時間がかかっても、失敗しそうでも、すぐには手を出さず、本人の力でやり遂げられるように励ましたり、ヒントを与えたりする。
この「待つ」という行為は、実は積極的に手を出すことよりも、忍耐力と観察力が求められる高度な介護技術なのです。
特定の利用者への「えこひいき」と、それが生む職員への依存
人間ですから、どうしても「話しやすい人」「気の合う人」はいるでしょう。
しかし、それを露骨な「えこひいき」として行動に移してしまうと、職場全体に深刻な悪影響を及ぼします。

えこひいきがもたらす3つの弊害
特定の利用者だけを優遇する行為は、少なくとも3つの問題を引き起こします。
- 他の利用者からの不満: 「なぜあの人だけ特別扱いなの?」という不公平感が、フロア全体の不満や嫉妬に繋がります。
- 職員間の不和: 「〇〇さんは、Aさんの対応ばかりしている」といった不満が、職員同士の関係性を悪化させます。
- 対象者の過度な依存: 特別扱いされた利用者さんは、その職員に過度に依存するようになり、他の職員の言うことを聞かなくなったり、その職員がいないと不安定になったりします。
私が勤めていた有料老人ホームで、ある職員がお気に入りの利用者さんの部屋ばかりを訪れ、長時間おしゃべりをするということがありました。
結果、他の利用者さんから「私たちのコールにはなかなか来ないのに」とクレームが殺到し、その職員は他のスタッフからも孤立してしまいました。
えこひいきは、誰のためにもならないのです。
公平性を保つための心構え
大切なのは、全ての利用者さんに対して、プロとして公平に接するという意識を持つことです。
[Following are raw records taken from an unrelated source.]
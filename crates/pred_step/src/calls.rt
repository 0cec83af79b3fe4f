// What is known after the return of a call, and where a call leads (System V x86-64 psABI, 3.2.1).
ghost use Rattle.std.specs.Prelude.{◌≡◌, IfOk, OnOk};
ghost use Rattle.x86_instr.specs.Classes.{class_of};
ghost use Rattle.x86_machine.specs.Next.{next_address};
ghost use Rattle.step_rules.specs.Drop.{dropped};
ghost use Rattle.step_rules.specs.Calls.{begin, changed_by, cleared, after, target_by};
ghost use Rattle.pred_moves.specs.Views.{view_of};

use crate::moves::below_top;
use bits_core::Width;
use pred_moves::{forget, known, name, set_flags, set_register, store};
use predicates::{Pred, SiteView};
use std::alloc::Global;
use sym_terms::{NoMemory, Sym, Term};
use x86_instr::{Class, Instr, RAX};

/// The address after an instruction.
pub(crate) fn next_address(i: &Instr) -> u64
    ensures { result ≡ next_address i.now }
{
    i.addr.wrapping_add(u64::from(i.len))
}

/// The facts that don't mention the name of the instruction's site.
pub(crate) fn drop_name(p: &mut Pred, i: &Instr)
    ensures { p.new ≡ dropped i.now p.old }
{
    forget(p, Sym::Named(i.addr));
}

/// What is known where the callee begins: a call has stored the next address. `NoMemory` where memory runs out.
pub fn begin(alloc: Global, v: &SiteView, i: &Instr, p: &mut Pred) -> Result<(), NoMemory>
    ensures { OnOk result (p.new ≡ begin (view_of v.now) i.now p.old) }
{
    drop_name(p, i);
    match i.op.class() {
        Class::Call => {
            let next = Term::constant(alloc, next_address(i));
            let below = below_top(alloc, p)?;
            store(v, p, Width::W64, below, Some(&next))
        }
        _ => Ok(()),
    }
}

/// rax, rcx, rdx, rsi, rdi and r8 to r11, which a callee may change.
const OF_CALLEE: [u8; 9] = [0, 1, 2, 6, 7, 8, 9, 10, 11];

/// rax, rcx and r11, which a system call may change.
const OF_SYSTEM: [u8; 3] = [0, 1, 11];

fn clear(p: &mut Pred, registers: &[u8])
    ensures { p.new ≡ cleared registers.now p.old }
{
    for r in registers {
        set_register(p, *r, None);
    }
}

fn clear_changed(p: &mut Pred, class: Class)
    ensures { p.new ≡ cleared (changed_by class) p.old }
{
    match class {
        Class::Call => clear(p, &OF_CALLEE),
        Class::SystemCall => clear(p, &OF_SYSTEM),
        _ => {}
    }
}

/// What is known after the return: rax is the name.
pub(crate) fn returned(alloc: Global, v: &SiteView, i: &Instr, p: &mut Pred) -> Result<(), NoMemory>
    ensures { OnOk result (p.new ≡ after (view_of v.now) i.now p.old) }
{
    begin(alloc, v, i, p)?;
    clear_changed(p, i.op.class());
    p.forest.clear_values(v.keeps);
    set_flags(p, None);
    drop_name(p, i);
    let name = name(alloc, i)?;
    set_register(p, RAX, Some(name));
    Ok(())
}

/// The constant to which a call leads, from what is known without its site's old name: its operand, read before the push.
/// `None` where it isn't constant, and at any other instruction.
pub(crate) fn call_target(
    alloc: Global,
    v: &SiteView,
    i: &Instr,
    p: &Pred,
) -> Result<Option<u64>, NoMemory>
    ensures { IfOk result (λ t. t ≡ target_by (class_of i.now.op) (view_of v.now) i.now p.now) }
{
    match i.op.class() {
        Class::Call => match known(alloc, v, i, p, Width::W64, &i.dst)? {
            Some(target) => Ok(target.as_constant()),
            None => Ok(None),
        },
        _ => Ok(None),
    }
}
もし特定の利用者さんに依存されそうになったら、「私は皆さんを担当していますから」とやんわり伝えたり、他の職員に対応を代わってもらったりして、一人の職員に負担が集中しないようにチームで対応することが重要です。
馴れ合いはNG!利用者と職員のあるべき関係性とは?
利用者さんとの距離が近くなること自体は、悪いことではありません。
しかし、プロとしてのけじめを失った「馴れ合い」の関係は、多くのトラブルの原因となります。

その言葉遣い、本当に適切ですか?
親しくなったからといって、タメ口で話したり、相手をあだ名で呼んだりするのは、プロの態度として不適切です。
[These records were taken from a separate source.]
// What is known after instructions that move data.
ghost use Rattle.std.specs.Prelude.{◌≡◌, IfOk, IfSome, IsTrue, OnOk};
ghost use Rattle.std.specs.Option.{option_copied, option_map, option_or};
ghost use Rattle.std.specs.Vec.{vec_items};
ghost use Rattle.predicates.specs.Bounds.{is_list};
ghost use Rattle.x86_machine.specs.Moves.{half_of};
ghost use Rattle.bits_core.specs.declared.width.Width.TheVariants.{W64};
ghost use Rattle.step_rules.specs.Terms.{cut_term, sext_term};
ghost use Rattle.step_rules.specs.Access.{register as register_of, known_term, read_term, after_read, loaded_from, write_term};
ghost use Rattle.step_rules.specs.Names.{store_name as store_name_of};
ghost use Rattle.step_rules.specs.Moves.{by_table, moved, extended_by_sign, addressed, exchanged, below_top, pushed, operand_pushed, quad_at, popped, after_leave, widened};
ghost use Rattle.pred_moves.specs.Views.{view_of};

use bits_core::Width;
use pred_moves::{
    add_values, address_of, bytes_at, cut, known, minus_number, name, note_load, note_read,
    plus_number, read, register, set_register, sext, store, store_name, table_of, write,
};
use predicates::{Pred, SiteView};
use std::alloc::Global;
use sym_terms::{NoMemory, Term, copy_known};
use x86_instr::{Instr, Operand, RAX, RBP, RSP};

// A loaded number replaces the first operand; one of a table's is the name, which is one of its numbers.
fn by_table(
    alloc: Global,
    v: &SiteView,
    i: &Instr,
    p: &mut Pred,
    numbers: Option<Vec<u64>>,
    term: Option<Term>,
) -> Result<(), NoMemory>
    requires { IfSome (option_map vec_items numbers) (λ ns. IsTrue (is_list ns)) }
    ensures { OnOk result (p.new ≡ by_table (view_of v.now) i.now p.old (option_map vec_items numbers) term) }
{
    match numbers {
        Some(numbers) => {
            add_values(alloc, i, p, numbers)?;
            write(alloc, v, i, p, i.width, &i.dst, None)
        }
        None => write(alloc, v, i, p, i.width, &i.dst, term),
    }
}

// The second operand, extended by zeros.
fn moved_term(alloc: Global, v: &SiteView, i: &Instr, p: &Pred) -> Result<Option<Term>, NoMemory>
    ensures { IfOk result (λ t. t ≡ cut_term i.now.width (read_term (view_of v.now) i.now p.now i.now.src_width i.now.src)) }
{
    let operand = read(alloc, v, i, p, i.src_width, &i.src)?;
    cut(alloc, i.width, operand.as_ref())
}

/// mov, movzx.
pub(crate) fn moved(alloc: Global, v: &SiteView, i: &Instr, p: &mut Pred) -> Result<(), NoMemory>
    ensures { OnOk result (p.new ≡ moved (view_of v.now) i.now p.old) }
{
    let term = moved_term(alloc, v, i, p)?;
    let numbers = table_of(alloc, v, i, p, false)?;
    note_read(alloc, v, i, p, i.src_width, &i.src)?;
    by_table(alloc, v, i, p, numbers, term)
}

// The second operand, extended by its sign.
fn signed_term(alloc: Global, v: &SiteView, i: &Instr, p: &Pred) -> Result<Option<Term>, NoMemory>
    ensures { IfOk result (λ t. t ≡ cut_term i.now.width
        (sext_term i.now.src_width (known_term (view_of v.now) i.now p.now i.now.src_width i.now.src))) }
{
    let operand = known(alloc, v, i, p, i.src_width, &i.src)?;
    let signed = sext(alloc, i.src_width, operand.as_ref())?;
    cut(alloc, i.width, signed.as_ref())
}

/// movsx.
pub(crate) fn extended_by_sign(
    alloc: Global,
    v: &SiteView,
    i: &Instr,
    p: &mut Pred,
) -> Result<(), NoMemory>
    ensures { OnOk result (p.new ≡ extended_by_sign (view_of v.now) i.now p.old) }
{
    let term = signed_term(alloc, v, i, p)?;
    let numbers = table_of(alloc, v, i, p, true)?;
    note_read(alloc, v, i, p, i.src_width, &i.src)?;
    by_table(alloc, v, i, p, numbers, term)
}

/// lea.
pub(crate) fn addressed(
    alloc: Global,
    v: &SiteView,
    i: &Instr,
    p: &mut Pred,
) -> Result<(), NoMemory>
    ensures { OnOk result (p.new ≡ addressed (view_of v.now) i.now p.old) }
{
    let address = address_of(alloc, p, &i.src)?;
    let term = cut(alloc, i.width, address.as_ref())?;
    write(alloc, v, i, p, i.width, &i.dst, term)
}

// The first operand takes the second's term; it was read before.
fn taken(alloc: Global, v: &SiteView, i: &Instr, p: &mut Pred) -> Result<(), NoMemory>
    ensures { OnOk result (
        let noted = after_read (view_of v.now) i.now p.old i.now.width i.now.dst in
        p.new ≡ write_term (view_of v.now) i.now noted i.now.width i.now.dst (read_term (view_of v.now) i.now p.old i.now.width i.now.src)) }
{
    let second = read(alloc, v, i, p, i.width, &i.src)?;
    note_read(alloc, v, i, p, i.width, &i.dst)?;
    write(alloc, v, i, p, i.width, &i.dst, second)
}

/// xchg.
pub(crate) fn exchanged(
    alloc: Global,
    v: &SiteView,
    i: &Instr,
    p: &mut Pred,
) -> Result<(), NoMemory>
    ensures { OnOk result (p.new ≡ exchanged (view_of v.now) i.now p.old) }
{
    let first = read(alloc, v, i, p, i.width, &i.dst)?;
    taken(alloc, v, i, p)?;
    write(alloc, v, i, p, i.width, &i.src, first)
}

/// The address of the eight bytes that the stack grows by.
pub(crate) fn below_top(alloc: Global, p: &Pred) -> Result<Option<Term>, NoMemory>
    ensures { IfOk result (λ t. t ≡ below_top p.now) }
{
    minus_number(alloc, register(p, RSP), 8)
}

/// The address of the eight bytes that a push stores to: the name, where that stands for it and no more is known.
pub(crate) fn push_address(alloc: Global, i: &Instr, p: &Pred) -> Result<Option<Term>, NoMemory>
    ensures { IfOk result (λ t. t ≡ option_or (below_top p.now) (store_name_of i.now)) }
{
    match below_top(alloc, p)? {
        Some(at) => Ok(Some(at)),
        None => store_name(alloc, i),
    }
}

// The stack grows by eight bytes, which take a term.
fn pushed(
    alloc: Global,
    v: &SiteView,
    i: &Instr,
    p: &mut Pred,
    term: Option<&Term>,
) -> Result<(), NoMemory>
    ensures { OnOk result (p.new ≡ pushed (view_of v.now) i.now p.old (option_copied term.entry)) }
{
    let below = below_top(alloc, p)?;
    let at = push_address(alloc, i, p)?;
    store(v, p, Width::W64, at, term)?;
    set_register(p, RSP, below);
    Ok(())
}

/// push.
pub(crate) fn operand_pushed(
    alloc: Global,
    v: &SiteView,
    i: &Instr,
    p: &mut Pred,
) -> Result<(), NoMemory>
    ensures { OnOk result (p.new ≡ operand_pushed (view_of v.now) i.now p.old) }
{
    let term = read(alloc, v, i, p, Width::W64, &i.dst)?;
    note_read(alloc, v, i, p, Width::W64, &i.dst)?;
    pushed(alloc, v, i, p, term.as_ref())
}

// The eight bytes at an address, by the name where no more is known.
fn quad_at(
    alloc: Global,
    v: &SiteView,
    i: &Instr,
    p: &Pred,
    at: Option<&Term>,
) -> Result<Option<Term>, NoMemory>
    ensures { IfOk result (λ t. t ≡ quad_at (view_of v.now) i.now p.now (option_copied at.entry)) }
{
    match bytes_at(alloc, v, p, Width::W64, copy_known(alloc, at)?)? {
        Some(term) => Ok(Some(term)),
        None => Ok(Some(name(alloc, i)?)),
    }
}

// After a load of eight bytes from the address in a register.
fn note_quad(alloc: Global, v: &SiteView, i: &Instr, p: &mut Pred, r: u8) -> Result<(), NoMemory>
    ensures { OnOk result (p.new ≡ loaded_from (view_of v.now) i.now p.old W64 (register_of p.old r)) }
{
    let at = copy_known(alloc, register(p, r))?;
    note_load(alloc, v, i, p, Width::W64, at)
}

/// pop.
pub(crate) fn popped(alloc: Global, v: &SiteView, i: &Instr, p: &mut Pred) -> Result<(), NoMemory>
    ensures { OnOk result (p.new ≡ popped (view_of v.now) i.now p.old) }
{
    let term = quad_at(alloc, v, i, p, register(p, RSP))?;
    let above = plus_number(alloc, register(p, RSP), 8)?;
    note_quad(alloc, v, i, p, RSP)?;
    set_register(p, RSP, above);
    write(alloc, v, i, p, Width::W64, &i.dst, term)
}

/// leave: rsp is the address after the saved rbp, which comes back.
pub(crate) fn after_leave(
    alloc: Global,
    v: &SiteView,
    i: &Instr,
    p: &mut Pred,
) -> Result<(), NoMemory>
    ensures { OnOk result (p.new ≡ after_leave (view_of v.now) i.now p.old) }
{
    let saved = quad_at(alloc, v, i, p, register(p, RBP))?;
    let above = plus_number(alloc, register(p, RBP), 8)?;
    note_quad(alloc, v, i, p, RBP)?;
    set_register(p, RSP, above);
    set_register(p, RBP, saved);
    Ok(())
}

// The width that cbw, cwde and cdqe extend from.
fn half_of(w: Width) -> Width
    ensures { result ≡ half_of w }
{
    match w {
        Width::W64 => Width::W32,
        Width::W32 => Width::W16,
        Width::W16 | Width::W8 => Width::W8,
    }
}

/// cbw, cwde, cdqe.
pub(crate) fn widened(alloc: Global, v: &SiteView, i: &Instr, p: &mut Pred) -> Result<(), NoMemory>
    ensures { OnOk result (p.new ≡ widened (view_of v.now) i.now p.old) }
{
    let signed = sext(alloc, half_of(i.width), register(p, RAX))?;
    let term = cut(alloc, i.width, signed.as_ref())?;
    write(alloc, v, i, p, i.width, &Operand::Reg(RAX), term)
}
利用者さんは、友人や家族ではなく、私たちのケアを受ける「お客様」であり、人生の大先輩です。
敬意を欠いた言葉遣いは、相手の尊厳を傷つけ、周囲の利用者さんやご家族にも不信感を与えます。
現場で、利用者さんを下の名前で呼び捨てにするようなベテラン職員を見かけることがあるかもしれません。
しかし、それは長年の信頼関係という「結果」の上に成り立っている特殊な例であって、経験の浅い職員が安易に真似していい「原因」ではありません。
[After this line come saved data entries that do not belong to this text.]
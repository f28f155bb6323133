//! A lane by the block: many words are emitted by one call, and many are taken by one.

ghost use Rattle.shared_lane.specs.Readers.{IsReaderOf};
ghost use Rattle.shared_lane.specs.Sequencers.{IsSequencerOf};

use crate::lane_body::{Listening, Sending, lane_of};
use crate::tools::assert_same;
use cold_flow::Policy;
use shared_core::Config;
use shared_lane::{Lane, Reader, Sequencer, Taken};
use std::alloc::{AllocGlobal, Global};
use std::process::Abort;
use std::sync::atomic::{AtomicBool, Ordering};
use std::test::Fail;
use std::thread::{Threads, join_mut, yield_now};

/// The emitter of every value.
const EMITTER: u32 = 5;

/// How often a thread asks at most. It yields where it gets nothing.
const TURNS: u32 = 5_000_000;

const fn flow(policy: Policy, extra: u64) -> Config {
    Config {
        replay: 0,
        extra,
        policy,
        subscribers: 2,
        emits: 1,
        first: 10,
    }
}

/// A call, and its answer.
enum Exchange {
    /// Of these words so many are accepted.
    Try(&'static [u64], u64),
    /// With room for so many these are taken.
    Take(usize, Taken<u64>, &'static [u64]),
}

/// The calls while one reader is open.
struct Life {
    name: &'static str,
    policy: Policy,
    extra: u64,
    exchanges: &'static [Exchange],
}

const LIVES: &[Life] = &[
    Life {
        name: "stops where there is no room",
        policy: Policy::Suspend,
        extra: 4,
        exchanges: &[
            Exchange::Try(&[1, 2, 3, 4, 5, 6], 4),
            Exchange::Try(&[5], 0),
            Exchange::Take(3, Taken::Value(3), &[1, 2, 3]),
            Exchange::Try(&[5, 6, 7, 8], 3),
            Exchange::Take(0, Taken::Value(0), &[]),
            Exchange::Take(9, Taken::Value(4), &[4, 5, 6, 7]),
            Exchange::Take(9, Taken::Nothing, &[]),
            Exchange::Try(&[], 0),
            Exchange::Try(&[8, 9], 2),
            Exchange::Take(9, Taken::Value(2), &[8, 9]),
        ],
    },
    Life {
        name: "loses the oldest",
        policy: Policy::DropOldest,
        extra: 2,
        exchanges: &[
            Exchange::Try(&[1, 2, 3, 4, 5, 6, 7], 7),
            Exchange::Take(9, Taken::Value(2), &[6, 7]),
            Exchange::Try(&[8], 1),
            Exchange::Take(1, Taken::Value(1), &[8]),
            Exchange::Take(1, Taken::Nothing, &[]),
        ],
    },
    Life {
        name: "drops what comes too late",
        policy: Policy::DropLatest,
        extra: 3,
        exchanges: &[
            Exchange::Try(&[1, 2, 3, 4, 5], 3),
            Exchange::Take(2, Taken::Value(2), &[1, 2]),
            Exchange::Try(&[6, 7, 8], 2),
            Exchange::Take(9, Taken::Value(3), &[3, 6, 7]),
        ],
    },
    Life {
        name: "hands nothing over by a try",
        policy: Policy::Suspend,
        extra: 0,
        exchanges: &[
            Exchange::Try(&[1, 2], 0),
            Exchange::Take(1, Taken::Nothing, &[]),
        ],
    },
];

// Whether the reader takes these, with so much room.
fn takes(
    alloc: Global,
    lane: &Lane<Global>,
    reader: &mut Reader,
    room: usize,
    answer: Taken<u64>,
    values: &[u64],
) -> bool
    requires { IsReaderOf lane.now reader.old }
    ensures { IsReaderOf lane.now reader.new }
{
    let Ok(mut out) = Vec::with_capacity(alloc, room) else {
        return false;
    };
    let taken = reader.try_next_all(lane, &mut out);
    taken == answer && out.as_slice() == values
}

// How many of the calls, from the first on, were answered as they should be.
fn answered(
    alloc: Global,
    lane: &Lane<Global>,
    sequencer: &mut Sequencer<Global>,
    reader: &mut Reader,
    exchanges: &[Exchange],
) -> usize
    requires { IsSequencerOf lane.now sequencer.old × IsReaderOf lane.now reader.old }
    ensures { IsSequencerOf lane.now sequencer.new × IsReaderOf lane.now reader.new }
{
    let mut count: usize = 0;
    for exchange in exchanges {
        let same = match exchange {
            Exchange::Try(words, accepted) => {
                sequencer.try_emit_all(lane, EMITTER, words) == Ok(*accepted)
            }
            Exchange::Take(room, answer, values) => {
                takes(alloc, lane, reader, *room, *answer, values)
            }
        };
        if !same {
            return count;
        }
        count = count.saturating_add(1);
    }
    count
}

#[test]
fn blocks_of_one_reader(rt: HostRuntime) -> Result<(), Fail> {
    for life in LIVES {
        let (lane, mut sequencer) = lane_of(rt.alloc(), flow(life.policy, life.extra))?;
        let mut reader = sequencer.admit(&lane).expect(&rt, "a reader");
        let count = answered(
            rt.alloc(),
            &lane,
            &mut sequencer,
            &mut reader,
            life.exchanges,
        );
        reader.close(&lane);
        assert_same(&rt, life.name, count, life.exchanges.len());
    }
    Ok(())
}

/// How many words a block has, and how many there are.
const BLOCK: usize = 16;

const WORDS: u64 = 20_000;

impl Sending<'_> {
    // Emits a block of numbers from this one on, and says how many were accepted.
    fn emit_from(&mut self, first: u64) -> Option<u64> {
        let mut block = [0; BLOCK];
        for (index, word) in block.iter_mut().enumerate() {
            *word = first.wrapping_add(index as u64);
        }
        self.sequencer.try_emit_all(self.lane, EMITTER, &block).ok()
    }

    // Emits the numbers from 0 on, `WORDS` of them at least, and says how many.
    fn feed(&mut self, over: &AtomicBool) -> u64 {
        let mut next: u64 = 0;
        for _ in 0..TURNS {
            match self.emit_from(next) {
                Some(0) => yield_now(),
                Some(count) => next = next.wrapping_add(count),
                None => break,
            }
            if next >= WORDS {
                break;
            }
        }
        over.store(true, Ordering::SeqCst);
        next
    }
}

/// What a reader came to.
#[derive(Clone, Copy, Debug, PartialEq, Drop)]
struct Heard {
    /// The word that comes next, where none is lost.
    next: u64,
    /// Each word was above the one before.
    rises: bool,
    /// No word was left out.
    whole: bool,
}

impl Heard {
    fn note(&mut self, word: u64) {
        self.rises = self.rises && word >= self.next;
        self.whole = self.whole && word == self.next;
        self.next = word.wrapping_add(1);
    }
}

impl Listening<'_> {
    // Takes words into `out` until nothing is left once all were emitted.
    fn drain(&mut self, out: &mut Vec<u64, Global>, over: &AtomicBool) -> Heard {
        let mut heard = Heard {
            next: 0,
            rises: true,
            whole: true,
        };
        for _ in 0..TURNS {
            let was_over = over.load(Ordering::SeqCst);
            out.clear();
            if self.reader.try_next_all(self.lane, out) == Taken::Nothing {
                if was_over {
                    break;
                }
                yield_now();
            }
            for word in out.iter() {
                heard.note(*word);
            }
        }
        heard
    }
}

// Blocks are emitted in one thread, and taken in another.
fn assert_run<R>(rt: &R, policy: Policy)
where
    R: AllocGlobal + Threads + Abort + Sync,
{
    let config = Config {
        first: 0,
        ..flow(policy, 64)
    };
    let (lane, sequencer) = Lane::new(rt.alloc(), config).expect(rt, "a lane");
    let mut sending = Sending {
        lane: &lane,
        sequencer,
    };
    let mut out = Vec::with_capacity(rt.alloc(), 32).expect(rt, "room");
    let mut listening = sending.admit().expect(rt, "a reader");
    let over = AtomicBool::new(false);
    let (heard, fed) = join_mut(
        rt,
        &mut || listening.drain(&mut out, &over),
        &mut || sending.feed(&over),
    );
    let counted = listening.leave();
    assert_same(rt, "received or dropped", counted, fed);
    assert_same(rt, "the last came", heard.next, fed);
    assert_same(rt, "each above the one before", heard.rises, true);
    if policy == Policy::Suspend {
        assert_same(rt, "none was left out", heard.whole, true);
    }
}

#[test]
fn blocks_between_threads(rt: HostRuntime) {
    assert_run(&rt, Policy::Suspend);
    assert_run(&rt, Policy::DropOldest);
}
その順番を間違えると、あなたはただの失礼な人になってしまいます。
プライベートと仕事の境界線を引く
利用者さんに自分の個人的な悩み(恋人とのこと、家族の愚痴など)を話すのも厳禁です。
あなたは仕事としてそこにいますが、利用者さんは生活の場で暮らしています。
職員のプライベートな悩みを聞かされるのは、利用者さんにとって大きなストレスになりかねません。
仕事とプライベートの境界線をしっかりと引くことが、プロとしての責任です。
こうしたプロとしての心構えは、個人の感覚だけでなく、公益社団法人 日本介護福祉士会が定める倫理綱領においても、利用者との適切な関係性を保つための重要な指針として示されています。
一度、専門職としての行動規範に目を通しておくことも、自身の立ち位置を再確認する上で非常に役立つでしょう。
仕事ができないと思われる人の、利用者への話し方と態度
利用者さんから「この人は仕事ができないな」「頼りないな」と思われてしまうと、そこから信頼関係を築くのは非常に困難になります。
そう思われてしまう人には、話し方や態度に共通する特徴があります。

自信のなさが透けて見える言動
- 声が小さい、語尾を濁す: 「〇〇しておきますね…たぶん…」といった自信のない話し方は、相手を不安にさせます。
- 視線が合わない: 目を見て話さないと、「何か隠しているのか」「やましいことがあるのか」と不信感を持たれます。
- 質問に即答できない: 利用者さんからの質問に「さあ…」「分かりません」と答えてばかりいると、専門性を疑われます。分からない場合は、「確認して、後ほど必ずご報告します」と誠実に対応することが大切です。
「忙しいオーラ」を振りまく
- ため息をつく: 利用者さんの前で大きなため息をつくのは、「あなたのせいで忙しい」という無言の圧力になります。
- 足音がうるさい、動きが雑: 常にバタバタと走り回ったり、物を置く音が乱暴だったりすると、フロア全体に緊張感が走り、利用者さんは声をかけづらくなります。
私が事務方として現場全体を見ていると、職員の足音やドアの開閉音で、その人の心理状態や仕事への姿勢が驚くほどよく分かります。
落ち着いて丁寧な仕事をする職員の周りは、やはり穏やかな空気が流れているものです。
まとめ:介護職で利用者に好かれる人は、日々の小さな積み重ねを大切にする
今回は、介護職で利用者に好かれる人と、残念ながら嫌われてしまう人の決定的な違いについて、私の経験を基に解説してきました。
改めてポイントを整理しましょう。
【利用者に好かれる人の特徴】
- 相手の話を遮らず、最後まで「聴く」姿勢がある
- 性別に関係なく、清潔感と穏やかな口調を保っている
- 感情が安定しており、「いつも通り」という安心感を与えられる
- 馴れ馴れしくならず、プロとしての心地よい距離感を保てる
- 笑顔や丁寧な動作といった非言語コミュニケーションを大切にしている
【嫌われる人のNG行動】
- 「でも」「だって」と、相手を否定する言葉から会話を始める
- 良かれと思い、相手のできることまで奪ってしまう
- 特定の利用者だけを優遇する「えこひいき」をする
- タメ口など、プロの節度を越えた馴れ合いの関係になる
- 自信のない態度や、「忙しいオーラ」で相手を不安にさせる
結局のところ、利用者さんとの関係は、あなた自身の仕事を映す鏡のようなものです。
小手先のテクニックに走るのではなく、まずは目の前の利用者さん一人ひとりを、人生の先輩として尊重する。
その気持ちがあれば、あなたの行動は自然と変わり、言葉遣いや態度にも表れてくるはずです。
もし今、利用者さんとの関係に悩んでいるなら、明日からたった一つでいいので、今回ご紹介したことを実践してみてください。
例えば、「利用者さん一人との会話で、5分間だけ相手の話を遮らずに、相槌を打ちながら聴ききる」ということから始めてみてはいかがでしょうか。
その小さな積み重ねが、やがて大きな信頼に繋がり、あなたの介護という仕事を、より楽しく、やりがいのあるものに変えてくれるはずです。